The value of total fraud in the UK — not limited to the cybersphere — surpassed £1bn for the first time since 2011, according to a report published yesterday by accountancy firm KPMG.
Sophisticated technology is largely to blame for this sharp rise, as more hackers illegally exploit the web for their own gain.
“Through the rapid rise of technology and online platforms, more people than ever are being targeted by fraudsters who have unrestricted access to a larger pool of victims,” said Hitesh Patel, UK forensic partner at KPMG.
An estimated 5.5m cyber offences take place every year in the UK alone, the most recent Crime Survey of England and Wales (CSEW) revealed.
There were 110 attempts to hack the European Commission’s servers last year, the Financial Times reported earlier this month.
A growing problem
The increasing severity of cyber attacks cannot be ignored.
Lloyds, the major British bank, suffered a two-day denial of service attack in early January, when cyber criminals attempted to block access to some 20m accounts.
Financial institutions are routinely targeted; Tesco Bank was forced to repay £2.5m to 9,000 customers who had their money stolen by hackers just a few months earlier.

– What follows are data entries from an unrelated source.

// What a client holds between calls, and what a call answers: the structs and enums of turn.rs. A client crosses to C by reference, and
// no exported function takes a reference that leads to an enum, an Option or a struct with type parameters: so rows keep kind and peer
// as plain numbers, flags stand beside values, and the three tables are three structs. The enums stand at every interface, and `From`
// goes both ways. specs/ has turn.rs as a definition, and what these structs mean in it.
#![tactic(auto)]

ghost use Rattle.std.specs.Prelude.{◌≡◌};
ghost use Rattle.turn_state.specs.Number.{number_of};
ghost use Rattle.turn_state.specs.View.{host_of, ip_in, place_of, address_in, asked_of, kind_in, quiet, telling, sending};

use stun_address::{Address, Ip};
use stun_text::Text;

// What a request asks for.
#[derive(Clone, Copy)]
pub enum Kind {
    Allocate,
    Refresh(u32),
    Permission(Ip),
    ChannelBind(Address, u16),
}

// Why an allocation failed.
#[derive(Clone, Copy)]
pub enum Reason {
    Code(u16),
    Timeout,
    NoRelayedAddress,
    Lost,
}

// `Data` is a part of the caller's datagram, from `start` on, `len` bytes long.
#[derive(Clone, Copy)]
pub enum Event {
    Allocated(Address, Option<Address>),
    Failed(Reason),
    Data(Address, usize, usize),
}

// An IP address: family 1 with the address in `low`, or family 2 with its two halves. Numbers, for C: `Ip` is the enum.
#[repr(C)]
#[derive(Clone, Copy)]
pub struct Host {
    pub family: u8,
    pub high: u64,
    pub low: u64,
}

#[repr(C)]
#[derive(Clone, Copy)]
pub struct Place {
    pub host: Host,
    pub port: u16,
}

// A kind: 0 Allocate, 1 Refresh, 2 CreatePermission, 3 ChannelBind; what it does not name is zero. Numbers, for C: `Kind` is the enum.
#[repr(C)]
#[derive(Clone, Copy)]
pub struct Asked {
    pub tag: u8,
    pub number: u16,
    pub lifetime: u32,
    pub peer: Place,
}

// A pending request. `under` is the id under which its peer's address is encoded.
#[repr(C)]
#[derive(Clone, Copy)]
pub struct Request {
    pub id: [u8; 12],
    pub under: [u8; 12],
    pub asked: Asked,
    pub tries: u32,
    pub next: u64,
    pub retried: bool,
}

// A permission: asked for, or granted and to be renewed at `at`. A flag and no Option, for C.
#[repr(C)]
#[derive(Clone, Copy)]
pub struct Permission {
    pub host: Host,
    pub granted: bool,
    pub at: u64,
}

// A channel: asked for, or bound; `at` is held either way, as in turn.rs.
#[repr(C)]
#[derive(Clone, Copy)]
pub struct Channel {
    pub peer: Place,
    pub number: u16,
    pub bound: bool,
    pub at: u64,
}

// Tables: the first `len` rows, in the order in which they came; the rows after them are blank. Arrays with a length: no heap.
#[repr(C)]
#[derive(Clone, Copy)]
pub struct Requests {
    pub rows: [Request; 64],
    pub len: usize,
}

#[repr(C)]
#[derive(Clone, Copy)]
pub struct Permissions {
    pub rows: [Permission; 32],
    pub len: usize,
}

#[repr(C)]
#[derive(Clone, Copy)]
pub struct Channels {
    pub rows: [Channel; 32],
    pub len: usize,
}

// What a call is to ask for, in order, one request each.
#[derive(Clone, Copy)]
pub struct Asks {
    pub rows: [Asked; 65],
    pub len: usize,
}

// What a request is signed with, and the texts that go with it. What is not held is empty, or zero; flags and no Options, for C.
#[repr(C)]
#[derive(Clone, Copy)]
pub struct Credentials {
    pub username: Text,
    pub realm: Text,
    pub nonce: Text,
    pub key: [u8; 16],
    pub has_realm: bool,
    pub has_nonce: bool,
    pub has_key: bool,
}

#[repr(C)]
#[derive(Clone, Copy)]
pub struct Client {
    pub password: Text,
    pub credentials: Credentials,
    pub requests: Requests,
    pub permissions: Permissions,
    pub channels: Channels,
    pub relay: Place,
    pub refresh_at: u64,
    pub next_num: u16,
    pub has_relay: bool,
    pub has_refresh: bool,
    pub done: bool,
    pub closing: bool,
    pub reliable: bool,
}

// Why a call is refused, by its number: the lowest of those that hold.
#[derive(Clone, Copy, PartialEq, Eq)]
pub enum Refusal {
    // 1: a time above 9,007,199,254,740,991.
    Late,
    // 2: a text that is longer than its room.
    LongText,
    // 3: a username or a password that is not well-formed.
    IllFormed,
    // 4: data or a message's body that is too long.
    LongBody,
    // 5: a record that meets a full table.
    Full,
    // 6: fewer ids than the call draws.
    FewIds,
    // 7: an id that is pending, or drawn twice.
    TakenId,
    // 8: an output that is too small.
    SmallOutput,
}

impl From<Refusal> for u32 {
    ghost from_gives = { λ refusal n. n ≡ number_of refusal };

    fn from(refusal: Refusal) -> u32 {
        match refusal {
            Refusal::Late => 1,
            Refusal::LongText => 2,
            Refusal::IllFormed => 3,
            Refusal::LongBody => 4,
            Refusal::Full => 5,
            Refusal::FewIds => 6,
            Refusal::TakenId => 7,
            Refusal::SmallOutput => 8,
        }
    }
}

// What a call that is not refused answers: the next client, how many events there were and the first, which a caller is told of, how
// many packets stand in the lent output, and how many bytes of it they take, heads included. A refused call answers a `Refusal`
// alone: it changes nothing, so the client that the caller gave is the next one.
#[derive(Clone, Copy)]
pub struct Answer {
    pub client: Client,
    pub event: Option<Event>,
    pub events: usize,
    pub packets: usize,
    pub len: usize,
}

impl Answer {
    // Nothing told, nothing written.
    pub fn quiet(client: Client) -> Answer
        ensures { result ≡ quiet client }
    {
        Answer::sending(client, 0, 0)
    }

    // One event.
    pub fn telling(client: Client, event: Event) -> Answer
        ensures { result ≡ telling client event }
    {
        Answer {
            client,
            event: Some(event),
            events: 1,
            packets: 0,
            len: 0,
        }
    }

    // Packets of so many bytes in the output.
    pub fn sending(client: Client, packets: usize, len: usize) -> Answer
        ensures { result ≡ sending client packets len }
    {
        Answer {
            client,
            event: None,
            events: 0,
            packets,
            len,
        }
    }
}

// An IP address as numbers, which mean it, and back.
impl From<Ip> for Host {
    ghost from_gives = { λ ip host. (host ≡ host_of ip) × (ip_in host ≡ ip) };

    fn from(ip: Ip) -> Host {
        match ip {
            Ip::V4(x) => Host {
                family: 1,
                high: 0,
                low: u64::from(x),
            },
            Ip::V6(high, low) => Host {
                family: 2,
                high: high,
                low: low,
            },
        }
    }
}

impl From<Host> for Ip {
    ghost from_gives = { λ host ip. ip ≡ ip_in host };

    fn from(host: Host) -> Ip {
        if host.family == 2 {
            return Ip::V6(host.high, host.low);
        }
        Ip::V4((host.low % 4294967296) as u32)
    }
}

impl From<Address> for Place {
    ghost from_gives = { λ address place. (place ≡ place_of address) × (address_in place ≡ address) };

    fn from(address: Address) -> Place {
        Place {
            host: Host::from(address.ip),
            port: address.port,
        }
    }
}

impl From<Place> for Address {
    ghost from_gives = { λ place address. address ≡ address_in place };

    fn from(place: Place) -> Address {
        Address {
            ip: Ip::from(place.host),
            port: place.port,
        }
    }
}

// A kind as numbers, which mean it, and back.
impl From<Kind> for Asked {
    ghost from_gives = { λ kind asked. (asked ≡ asked_of kind) × (kind_in asked ≡ kind) };

    fn from(kind: Kind) -> Asked {
        let nowhere = Place {
            host: Host {
                family: 0,
                high: 0,
                low: 0,
            },
            port: 0,
        };
        match kind {
            Kind::Allocate => Asked {
                tag: 0,
                number: 0,
                lifetime: 0,
                peer: nowhere,
            },
            Kind::Refresh(lifetime) => Asked {
                tag: 1,
                number: 0,
                lifetime: lifetime,
                peer: nowhere,
            },
            Kind::Permission(ip) => Asked {
                tag: 2,
                number: 0,
                lifetime: 0,
                peer: Place {
                    host: Host::from(ip),
                    port: 0,
                },
            },
            Kind::ChannelBind(to, number) => Asked {
                tag: 3,
                number: number,
                lifetime: 0,
                peer: Place::from(to),
            },
        }
    }
}

impl From<Asked> for Kind {
    ghost from_gives = { λ asked kind. kind ≡ kind_in asked };

    fn from(asked: Asked) -> Kind {
        match asked.tag {
            0 => Kind::Allocate,
            1 => Kind::Refresh(asked.lifetime),
            2 => Kind::Permission(Ip::from(asked.peer.host)),
            _ => Kind::ChannelBind(Address::from(asked.peer), asked.number),
        }
    }
}
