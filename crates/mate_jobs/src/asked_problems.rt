//! Whether a record asks a problem.

ghost use Rattle.std.specs.Prelude.{◌≡◌, ◌↔◌, IsTrue};
ghost use Rattle.chess_notation.specs.Records.{problem_of};
ghost use Rattle.chess_problems.specs.SameProblems.{is_same_problem as is_same_value};

use chess_notation::Record;
use chess_problems::{Problem, are_same_moves, same_problem_reads};

/// Whether a record and a problem agree in position, bound and the moves to avoid.
#[tactic(auto, unfolding(chess_problems::specs::SameProblems::is_same_problem))]
fn agree(asked: &Record, problem: &Problem) -> bool
    ensures { result ≡ is_same_value (problem_of asked.now) problem.now }
{
    asked.position == problem.position
        && asked.bound == problem.bound
        && are_same_moves(asked.avoid.as_slice(), problem.avoid.as_slice())
}

/// Whether a record asks this problem: the position, the bound and the moves to avoid are equal. No problem is made to compare.
pub fn asks(asked: &Record, problem: &Problem) -> bool
    ensures value { result ≡ is_same_value (problem_of asked.now) problem.now }
    ensures same { IsTrue result ↔ (problem_of asked.now ≡ problem.now) }
{
    // The last clause rests on this law, which is one of sound positions.
    same_problem_reads();
    asked.position.side();
    problem.position.side();
    agree(asked, problem)
}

In December, US intelligence agencies blamed Russia for accessing and leaking Democratic National Committee (DNC) emails during the US presidential election campaign.
However, large-scale cyber attacks are nothing new — so why aren’t we better able to prevent them?
Over 1bn Yahoo user accounts were hacked in 2013 alone. These are just some of the many thousands of hacking, phishing and scamming incidents occurring every day that few are prosecuted for.
It is very difficult to attribute responsibility for cyber attacks because sophisticated hackers can easily remain anonymous.
“Cyber criminals know there is a low likelihood of being detected, caught or prosecuted and many attack strategies can be executed cheaply. This has led to a substantial broadening of the attacker base,” said Cyril Roux, deputy governor of the Central Bank of Ireland in a speech in September 2015.
“The risk/reward trade-off for cyber crime is very attractive.”
Philip Howard, professor of internet studies and director of research the Oxford Internet Institute remains hopeful that there are ways to deter cyber criminals:
“Governments and firms increasingly find that the most damaging cyber-attacks come from Russia and China, so in the years ahead the stable signal of sanctions and consistent diplomacy might discourage these particular regimes continuing such attacks,” told Verdict.
A dark future
However, other experts are less convinced that the cyber threat can be contained.
In a new book released next month, The Dark Side of Technology, Peter Townsend, emeritus professor of experimental physics in engineering at the University of Sussex explores the disastrous consequences of technology — and he paints a worrying picture.
Infiltrating email servers, unlawfully accessing NHS patient data, and causing minor power cuts is “really quite straightforward,” Townsend explained. “Even kids can do it.”
And some have. High school student David Dworken, from Washington DC, hacked into the Pentagon websites on his laptop in between classes at Maret high school in July.
More recently, a 17-year-old boy was found guilty of carrying out the major cyber attack on the telecoms company TalkTalk; almost 157,000 customers’ personal details were hacked.
Townsend points to the potential for even more dangerous and far-reaching scenarios:
“There are about 30,000 flights a day over Europe. If a pilot can’t contact the airports because the satellite system has been hacked, the plane can’t land. The pilot has no way to navigate the plane. If you were a passenger, you’d be in pretty big trouble,” he told Verdict.
“Most pilots can’t navigate without a GPS system, because they don’t get that training anymore. They really should.”
Other forms of transport, like driverless cars, which will be tested on UK motorways later this year, have been hailed as the answer to reducing road deaths. They are also a prime target for hackers, who could easily carry out so-called ransomware attacks in which driverless cars are hijacked, with a ransom demanded to avert disaster.
“Hackers can already record your signal as you lock your car. When you walk away, they unlock your car and steal your valuables. When you come back, your car is locked and there is no sign you’ve been broken into,” Townsend explained.
“With driverless cars, the scope is even greater.”
Is there any real way to protect against cyber attacks?
“Not a hope,” Townsend insisted. “Protection software is written by humans. If one human can write the protection software, another human can write the hack.”
The Dark Side of Technology by Professor Peter Townsend will be published by Oxford University Press (OUP) in February.